*** Records Section Begins ***
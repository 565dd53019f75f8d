// What holds of a node over lists of steps and restarts.
ghost use Rattle.placement_node.specs.Crashes.{CrashLeaves, OpensAtLeft, OpeningLeaves, RefusesLeft};
ghost use Rattle.placement_node.specs.Histories.{FollowsHistory};
ghost use Rattle.placement_node.specs.Runs.{OpensAtEnd, OpensLeft, StepsAtEnd, LeavesEnd, StandsAfter, TellsLast, VersionsRise, VersionsAbove};

use placement_core::replayed_law;

/// A node that is opened on the records of a run of steps and restarts goes on where the run ended. Whatever a crash
/// leaves at any moment of a step has the records of the run before it or with it; once the step was answered, those with
/// it; after a disk fault, those before the step that met it or with it. So a node that is opened on what a crash left
/// goes on where one of these runs ended, and is refused only by the disk, for want of memory, or if the record of its
/// restart has no room. Every version that a node told is the last one of its space, which never falls, and one that is
/// told after a restart is above all that were told before it: so no version is used twice. The steps of a legal history
/// of a node's gate are such a list of steps.
pub fn node_law()
    ensures opens { OpensAtEnd }
    ensures opens_left { OpensAtLeft }
    ensures refused { RefusesLeft }
    ensures opening { OpeningLeaves }
    ensures steps { StepsAtEnd }
    ensures leaves { LeavesEnd }
    ensures left { OpensLeft }
    ensures crash { CrashLeaves }
    ensures stands { StandsAfter }
    ensures history { FollowsHistory }
    ensures told { TellsLast }
    ensures versions { VersionsRise }
    ensures above { VersionsAbove }
{
    replayed_law();
}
*** Records Section Ends ***
#### What you should do
Reproduce the data shown above with every line intact.

#### Result for this task
repository 565dd53019f75f8d
// What holds of a node over lists of steps and restarts.
ghost use Rattle.placement_node.specs.Crashes.{CrashLeaves, OpensAtLeft, OpeningLeaves, RefusesLeft};
ghost use Rattle.placement_node.specs.Histories.{FollowsHistory};
ghost use Rattle.placement_node.specs.Runs.{OpensAtEnd, OpensLeft, StepsAtEnd, LeavesEnd, StandsAfter, TellsLast, VersionsRise, VersionsAbove};

use placement_core::replayed_law;

/// A node that is opened on the records of a run of steps and restarts goes on where the run ended. Whatever a crash
/// leaves at any moment of a step has the records of the run before it or with it; once the step was answered, those with
/// it; after a disk fault, those before the step that met it or with it. So a node that is opened on what a crash left
/// goes on where one of these runs ended, and is refused only by the disk, for want of memory, or if the record of its
/// restart has no room. Every version that a node told is the last one of its space, which never falls, and one that is
/// told after a restart is above all that were told before it: so no version is used twice. The steps of a legal history
/// of a node's gate are such a list of steps.
pub fn node_law()
    ensures opens { OpensAtEnd }
    ensures opens_left { OpensAtLeft }
    ensures refused { RefusesLeft }
    ensures opening { OpeningLeaves }
    ensures steps { StepsAtEnd }
    ensures leaves { LeavesEnd }
    ensures left { OpensLeft }
    ensures crash { CrashLeaves }
    ensures stands { StandsAfter }
    ensures history { FollowsHistory }
    ensures told { TellsLast }
    ensures versions { VersionsRise }
    ensures above { VersionsAbove }
{
    replayed_law();
}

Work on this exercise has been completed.